Stored entries
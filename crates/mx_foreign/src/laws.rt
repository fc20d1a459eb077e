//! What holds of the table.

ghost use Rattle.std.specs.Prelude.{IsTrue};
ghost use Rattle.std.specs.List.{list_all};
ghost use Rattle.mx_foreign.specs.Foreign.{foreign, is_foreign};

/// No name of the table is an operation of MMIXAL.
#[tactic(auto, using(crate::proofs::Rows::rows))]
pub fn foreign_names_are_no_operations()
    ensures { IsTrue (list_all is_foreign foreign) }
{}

Brief
All entries must be duplicated exactly, with none left out.

Response to the exercise
filename crates/mx_foreign/src/laws.rt
repository fc20d1a459eb077e
//! What holds of the table.

ghost use Rattle.std.specs.Prelude.{IsTrue};
ghost use Rattle.std.specs.List.{list_all};
ghost use Rattle.mx_foreign.specs.Foreign.{foreign, is_foreign};

/// No name of the table is an operation of MMIXAL.
#[tactic(auto, using(crate::proofs::Rows::rows))]
pub fn foreign_names_are_no_operations()
    ensures { IsTrue (list_all is_foreign foreign) }
{}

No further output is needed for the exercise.